VAST stores its data in its scale-out and global namespace Element Store, a single tier of QLC SSDs accessed across an NVMe fabric by stateless controllers which can see all the drives and refer to metadata held in Optane storage class memory, but now SLC-class fast SSD equivalents.

B&F Vast Data hardware graphic

The new releases add this data catalog plus virtual tiering, key management, remote cluster snapshots, capacity usage predictions, zero-trust features and Kubernetes storage classes.

VAST Catalog

It’s now adding a catalog of the data it holds, detailing “each and every file and object written into an extensible tabular format.” This “enables data users to … query upon massive datasets at any level of scale,” and “is never out of sync with your datastore.” There are aspects of Hammerspace’s Global Data Environment here. How much the two approaches overlap will become clearer as VAST’s software details are released.

We can envisage a VAST cluster as a datalake or lakehouse, with the queryable catalog a means of finding and selecting data according to some criteria. But then what can we do with the selection? 

We can make a step forward and imagine running an analysis process on it. Were VAST to set up integrations with providers of analytics software, machine learning training or general AI software, then this catalog capability becomes a data extract process. It could also transform the data but there would be no need to load it into anything, as the processing routine could then use it directly on the VAST storage system – ETL without the L.

Denworth says the catalog will be used for capacity management and chargeback and provide a faster way for backup and archiving processes to run. He also claims that, with the catalog, “Applications can replace POSIX functions with SQL statements to see rapid accelerations for mundane POSIX operations… why find when you can select 1,000 times faster?”

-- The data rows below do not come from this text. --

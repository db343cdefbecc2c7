//! The laws of all parts of `archive_btree`. Each is a function whose contract is the law, and whose body is empty, but
//! for those that ask a map of std whether its keys ascend.
ghost use Rattle.std.specs.Prelude.{ℕ, ◌<◌, List, length};
ghost use Rattle.archive_shape_layout.specs.Shape.Shape.{tree, tuple};
ghost use Rattle.archive_shape_layout.specs.Shape.Shapes.{no_shapes};
ghost use Rattle.archive_shape_layout.specs.Holds.{root_position};
ghost use Rattle.archive_shape_canonical.specs.Canonical.{AreBytes};
ghost use Rattle.archive_shape.specs.Key.{HeldAt};
ghost use Rattle.archive_forms_values.specs.Parts.{both};
ghost use Rattle.archive_forms_laws.specs.State.{State};
ghost use Rattle.archive_forms_laws.specs.Fields.{unit_spelling};
ghost use Rattle.archive_forms_laws.specs.Forms.{seen_as};
ghost use Rattle.archive_forms.specs.Alike.{AlikeAreEqual};
ghost use Rattle.archive_forms.specs.Faithful.{AreFaithful};
ghost use Rattle.archive_btree_spelling.specs.Maps.{btree_spelling};
ghost use Rattle.archive_btree.specs.Answering.{IsWrittenMap, KeysAscend, AnswersKeys};
ghost use Rattle.archive_btree.specs.Laws.{AnswersUnshared, AnswersWhereWritten, MapsAreReadBack, RangesAreOfEntries, SetsAreReadBack, ValuesAreReadable};
ghost use Rattle.archive_btree.specs.Owned.{entries_spelling, key_entries, IsSpelledAs};

use crate::{OwnedBTreeMap, OwnedBTreeSet};
pub use archive_btree_layout::{
    descent_finds, descent_is_equal, descent_meets, nodes_stay, one_packed, packed_height,
    packed_is_least, pairs_stay, tree_is_read, tree_stays, values_apart,
};
pub use archive_btree_maps::walking::{map_is_read, one_map};
pub use archive_btree_maps::{
    equal_maps_are_hashed_alike, equal_sets_are_hashed_alike, found_is_present,
    map_equalities_are_equivalences, maps_are_equal_by_entries, maps_are_hashed_by_entries,
    set_equalities_are_equivalences, set_is_read, sets_are_equal_by_keys, sets_are_hashed_by_keys,
};
use archive_btree_maps::{ArchivedBTreeMap, ArchivedBTreeSet};
pub use archive_btree_spelling::{
    maps_are_packed, maps_are_written, six_pairs_are_written, trees_are_packed, written_is_least,
    written_is_packed, written_is_read,
};
use archive_forms::ReadBack;
use archive_forms_writing::{Archive, KeyOf, OrderedKeyOf};
use archive_shape::{Portable, Ref};
use std::ops::RangeBounds;

/// The archive of entries whose keys ascend has the entries that it was written of, in order, and a look-up of a key
/// returns the entry with the key, and nothing if there is none. Each key can be passed to `index`.
pub fn written_entries_answer<Q, K: Archive, V: Archive, const E: usize>()
where
    K::Archived: KeyOf<K, Q>,
    ensures { (bytes : List ℕ) (es : List (K × V)) → 0 < E
        → IsWrittenMap E K.Archived.shape V.Archived.shape K.Archived.knows V.Archived.knows K.spelling V.spelling bytes es
        → KeysAscend E K.Archived.shape V.Archived.shape K.Archived.knows V.Archived.knows K.spelling V.spelling bytes K.Archived.key K.Archived.order es
        → AnswersKeys E K.Archived.shape V.Archived.shape K.Archived.knows V.Archived.knows K.spelling V.spelling bytes K.Archived.key K.Archived.order
        K.Archived.key_of (root_position (length bytes) (tree E K.Archived.shape V.Archived.shape)) es }
{}

/// The archive of a map of std has the map's entries and answers its keys in the same way, because the keys of such a
/// map ascend, and archived keys are in the order of the keys.
pub fn written_map_answers<Q, K: Archive + Ord, V: Archive, const E: usize>(
    map: &OwnedBTreeMap<K, V, E>,
)
where
    K::Archived: OrderedKeyOf<K, Q>,
    ensures { (bytes : List ℕ) → 0 < E
        → IsWrittenMap E K.Archived.shape V.Archived.shape K.Archived.knows V.Archived.knows K.spelling V.spelling bytes map.now.map.entries
        → AnswersKeys E K.Archived.shape V.Archived.shape K.Archived.knows V.Archived.knows K.spelling V.spelling bytes K.Archived.key K.Archived.order
        K.Archived.key_of (root_position (length bytes) (tree E K.Archived.shape V.Archived.shape)) map.now.map.entries }
{
    // The call ensures that the keys ascend.
    let _len = map.map.len();
}

/// Where the layout has what is written of entries whose keys ascend, at any position, as in a struct, a list or another
/// map, it has these entries, in order, and look-ups return them in the same way.
pub fn held_entries_answer<Q, K: Archive, V: Archive, const E: usize>()
where
    K::Archived: KeyOf<K, Q>,
    ensures { (bytes : List ℕ) (pos : ℕ) (es : List (K × V)) (st : State) → 0 < E → AreBytes bytes
        → HeldAt (tree E K.Archived.shape V.Archived.shape) (both K.Archived.knows V.Archived.knows) bytes pos
        ((btree_spelling E K.Archived.shape V.Archived.shape K.spelling V.spelling).value es st)
        → KeysAscend E K.Archived.shape V.Archived.shape K.Archived.knows V.Archived.knows K.spelling V.spelling bytes K.Archived.key K.Archived.order es
        → AnswersKeys E K.Archived.shape V.Archived.shape K.Archived.knows V.Archived.knows K.spelling V.spelling bytes K.Archived.key K.Archived.order
        K.Archived.key_of pos es }
{}

/// A map of std answers its keys in the same way where the layout has what is written of it, at any position.
pub fn held_map_answers<Q, K: Archive + Ord, V: Archive, const E: usize>(
    map: &OwnedBTreeMap<K, V, E>,
)
where
    K::Archived: OrderedKeyOf<K, Q>,
    ensures { (bytes : List ℕ) (pos : ℕ) (st : State) → 0 < E → AreBytes bytes
        → HeldAt (tree E K.Archived.shape V.Archived.shape) (both K.Archived.knows V.Archived.knows) bytes pos
        (⟦<OwnedBTreeMap<K, V, E> as Archive>⟧.spelling.value map.now st)
        → AnswersKeys E K.Archived.shape V.Archived.shape K.Archived.knows V.Archived.knows K.spelling V.spelling bytes K.Archived.key K.Archived.order
        K.Archived.key_of pos map.now.map.entries }
{
    // The call ensures that the keys ascend.
    let _len = map.map.len();
}

/// A map of std answers its keys, as [`written_map_answers`] states, at any position where it was written: if some fit suits it and the
/// shared values that were written before it have their values, or if no key and no value holds a shared pointer.
pub fn map_written_at_answers<Q, K: Archive + Ord, V: Archive, const E: usize>(
    map: &OwnedBTreeMap<K, V, E>,
)
where
    K::Archived: OrderedKeyOf<K, Q>,
    ensures shared { AnswersWhereWritten E K.Archived.ArchivedKey K.Archived.key K.spelling V.Archived.Portable V.spelling
        ⟦<OwnedBTreeMap<K, V, E> as Archive>⟧ (λ m. m.map.entries) map.now }
    ensures unshared { AnswersUnshared E K.Archived.ArchivedKey K.Archived.key K.spelling V.Archived.Portable V.spelling
        ⟦<OwnedBTreeMap<K, V, E> as Archive>⟧ (λ m. m.map.entries) map.now }
{
    // The call ensures that the keys ascend.
    let _len = map.map.len();
}

/// A set of std answers its keys at any position where it was written, as a map of them to `()`.
pub fn set_written_at_answers<Q, K: Archive + Ord, const E: usize>(set: &OwnedBTreeSet<K, E>)
where
    K::Archived: OrderedKeyOf<K, Q>,
    ensures shared { AnswersWhereWritten E K.Archived.ArchivedKey K.Archived.key K.spelling ⟦<() as Portable>⟧ unit_spelling
        ⟦<OwnedBTreeSet<K, E> as Archive>⟧ (λ s. key_entries s.set.keys) set.now }
    ensures unshared { AnswersUnshared E K.Archived.ArchivedKey K.Archived.key K.spelling ⟦<() as Portable>⟧ unit_spelling
        ⟦<OwnedBTreeSet<K, E> as Archive>⟧ (λ s. key_entries s.set.keys) set.now }
{
    // The call ensures that the keys ascend.
    let _len = set.set.len();
}

/// What [`ArchivedBTreeMap::range`] returns of a map that answers its keys: the entries whose keys lie between the bounds,
/// one by one and in order, each at its place. No order of the places need be given.
pub fn ranges_are_of_entries<Q, R: RangeBounds<Q>, K: Archive, V: Archive, const E: usize>(
    this: Ref<'_, ArchivedBTreeMap<K::Archived, V::Archived, E>>,
)
where
    K::Archived: KeyOf<K, Q>,
    ensures { RangesAreOfEntries E K.Archived.Portable K.Archived.ArchivedKey K.Archived.key K.spelling V.Archived.Portable V.spelling R.RangeBounds
        this.entry }
{}

/// Where a written map can be read, so can the value that [`ArchivedBTreeMap::get`] returns: that of the entry with the key.
/// Nothing is returned if there is none. So a look-up in a map that is a value of another map is known too.
pub fn values_are_readable<Q, K: Archive + Ord, V: Archive, const E: usize>(
    map: &OwnedBTreeMap<K, V, E>,
)
where
    K::Archived: OrderedKeyOf<K, Q>,
    ensures { ValuesAreReadable E K.Archived.ArchivedKey K.Archived.key V.Archived.Portable V.spelling
        ⟦<OwnedBTreeMap<K, V, E> as Archive>⟧ (λ m. m.map.entries) map.now }
{
    // The call ensures that the keys ascend.
    let _len = map.map.len();
}

/// A map of std is archived as its entries in order, and a set as the entries of its elements: the laws above are of
/// these.
pub fn spelled_as_entries<K: Archive + Ord, V: Archive, const E: usize>()
    ensures maps { IsSpelledAs ⟦<OwnedBTreeMap<K, V, E> as Archive>⟧.spelling
        (seen_as (λ m. m.map.entries) (entries_spelling E K.Archived.shape V.Archived.shape K.spelling V.spelling)) }
    ensures sets { IsSpelledAs ⟦<OwnedBTreeSet<K, E> as Archive>⟧.spelling
        (seen_as (λ s. key_entries s.set.keys) (entries_spelling E K.Archived.shape (tuple no_shapes) K.spelling unit_spelling)) }
{}

/// What a map of std is archived as is read back as maps that have its entries, in order, and a set as sets that have its
/// elements: no more, no fewer and no others. They are the same values where values of their types that are archived
/// alike are one. Bytes that were not written of a map may have keys in another order, or equal ones; of these the law
/// does not speak.
pub fn maps_are_read_back<
    K: Archive + Ord,
    V: Archive,
    A: ReadBack<K>,
    B: ReadBack<V>,
    const E: usize,
>()
    requires keys { AreFaithful K.Archive A.ReadBack }
    requires values { AreFaithful V.Archive B.ReadBack }
    requires alike { AlikeAreEqual K.spelling K.eq }
    ensures maps { MapsAreReadBack ⟦<OwnedBTreeMap<K, V, E> as Archive>⟧
        ⟦<ArchivedBTreeMap<A, B, E> as ReadBack<OwnedBTreeMap<K, V, E>>>⟧
        (λ m. m.map.entries) K.cmp K.spelling V.spelling }
    ensures sets { SetsAreReadBack ⟦<OwnedBTreeSet<K, E> as Archive>⟧
        ⟦<ArchivedBTreeSet<A, E> as ReadBack<OwnedBTreeSet<K, E>>>⟧
        (λ s. s.set.keys) K.cmp K.spelling }
{}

The Posix find function looks through the hierarchically organised nodes in a directory tree to locate files. A SQL select statement retrieves records (rows) from tables in a SQL database

Tiering and clustering

The virtual tiering concept sets up quality of service (bandwidth and IOPS minima and maxima) plans per user or per share, export or bucket. Thus there could be low, medium and high QoS plans, with each representing a tier of service applied to the underlying single tier element store.

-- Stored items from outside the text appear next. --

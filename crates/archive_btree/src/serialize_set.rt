//! Writing sets of std as search trees.
ghost use Rattle.std.specs.Prelude.{◌≡◌, ◌-◌, ◌^◌, ◌<◌, All, length};
ghost use Rattle.std.specs.Iterator.{at_most};
ghost use Rattle.std.specs.Map.Iter.{TakesFirst, deref_pair};
ghost use Rattle.archive_shape_layout.specs.Shape.Shape.{tuple};
ghost use Rattle.archive_shape_layout.specs.Shape.Shapes.{no_shapes};
ghost use Rattle.archive_forms_laws.specs.Fields.{unit_spelling};
ghost use Rattle.archive_forms_laws.specs.Forms.{seen_as};
ghost use Rattle.archive_forms_laws.specs.Serializing.{HasState, Serializes};
ghost use Rattle.archive_btree.specs.Owned.{TakesEntries, entries_spelling, key_entries};

use crate::{OwnedBTreeSet, serialize_from_ordered_iter_each};
use archive_btree_maps::BTreeSetResolver;
use archive_forms_writing::{Archive, ByArchive, EntryStep, Serialize, SerializeEntry};
use archive_shape::{Allocator, Error, Writer};
use std::collections::btree_set::Iter;
use std::marker::Model;

/// An iterator over the keys of a set that are left, each beside `()`. Its model is the list of these entries.
#[derive(Drop)]
struct KeyEntries<'a, K> {
    keys: Iter<'a, K>,
}

impl<'a, K> Model for KeyEntries<'a, K> {
    ghost use Rattle.std.specs.Prelude.{List};
    ghost use Rattle.archive_btree.specs.Owned.{key_entries};

    ghost Value = { List (K × Unit {0}) };

    ghost view = { λ it. key_entries it.keys };
}

impl<'a, K> Iterator for KeyEntries<'a, K> {
    type Item = (&'a K, &'a ());

    ghost next_gives = { TakesFirst deref_pair };

    ghost remaining = { λ s. at_most (length s) };

    fn next(&mut self) -> Option<(&'a K, &'a ())> {
        match self.keys.next() {
            Some(key) => Some((key, &())),
            None => None,
        }
    }

    fn size_hint(&self) -> (usize, Option<usize>) {
        self.keys.size_hint()
    }
}

/// Writes the search tree of the keys of a set that are left, whose data is written by a step.
fn serialize_keys_each<
    'a,
    K: Archive + 'a,
    S: Writer + Allocator,
    C: EntryStep<K, (), ByArchive, S>,
    const E: usize,
>(
    len: usize,
    entries: KeyEntries<'a, K>,
    serializer: &mut S,
    step: &C,
) -> Result<BTreeSetResolver, Error>
    requires some { 0 < E }
    requires counted { len ≡ length entries }
    requires room { S.failures serializer.old < 2 ^ 64 - 1 }
    requires state { HasState S.pos S.known serializer.old }
    requires takes { TakesEntries (TakesFirst deref_pair) (C.takes step.now) (record {}) entries }
    ensures { Serializes (entries_spelling E K.Archived.shape
        (tuple no_shapes) K.spelling unit_spelling) S.Writer entries.entry
        serializer.old serializer.new result }
{
    serialize_from_ordered_iter_each::<K, (), S, C, _, E>(len, entries, serializer, step)
}

/// Writes the search tree of a set, the data of whose keys, each beside `()`, is written by a step. An empty set has no
/// tree.
pub fn serialize_set_each<
    K: Archive + Ord,
    S: Writer + Allocator,
    C: EntryStep<K, (), ByArchive, S>,
    const E: usize,
>(set: &OwnedBTreeSet<K, E>, serializer: &mut S, step: &C) -> Result<BTreeSetResolver, Error>
    requires room { S.failures serializer.old < 2 ^ 64 - 1 }
    requires state { HasState S.pos S.known serializer.old }
    requires takes { All (C.takes step.now (record {})) (key_entries set.now.set.keys) }
    ensures { Serializes (seen_as (λ s. key_entries s.set.keys)
        (entries_spelling E K.Archived.shape (tuple no_shapes) K.spelling unit_spelling))
        S.Writer set.now serializer.old serializer.new result }
{
    if set.set.is_empty() {
        return Ok(BTreeSetResolver::from_pos(None));
    }
    let entries = KeyEntries {
        keys: set.set.iter(),
    };
    serialize_keys_each::<K, S, C, E>(set.set.len(), entries, serializer, step)
}

impl<S: Writer + Allocator, K: Serialize<S> + Ord, const E: usize> Serialize<S>
    for OwnedBTreeSet<K, E> {
    fn serialize(&self, serializer: &mut S) -> Result<BTreeSetResolver, Error> {
        serialize_set_each::<K, S, SerializeEntry, E>(self, serializer, &SerializeEntry)
    }
}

The expanded clustering features start with a remote snapshot idea: “VAST clusters now also support the ability to share and extend snapshots to multiple remote clusters.  Each remote site can mount another site’s snapshots and even make clones of this data to turn a snapshot into a read/write View. This capability lays the foundation for other work we will unveil, relating to building a global namespace from edge to cloud.”

If “cloud” means public cloud, then that means the VAST OS will be ported there and customers will operate their VAST storage and associated applications in a VAST data universe that extends from globally-distributed on-premises edge sites through data centres to the public cloud.

Comment

Our understanding is that VAST Data’s capabilities and growth progress are being paid close attention by established and mainstream enterprise storage providers, meaning Dell, Hitachi Vantara, HPE, Huawei, IBM, NetApp, and Pure Storage, ambitious newcomers such as Qumulo and WekaIO, and cloud file services providers (CTERA, Egnyte, Nasuni, Panzura, and Lucid Link). 

Disruption is afoot in the storage world and it is centered on how best to provide global access and orchestration to petabyte-exabyte scale file, object and block data across a hybrid on-premises and multi-cloud IT environment. The innovation technology flags are being flown highest here by Hammerspace and VAST Data, and maybe WekaIO, with every other player we can see operating in wait-and-see or catch-up mode.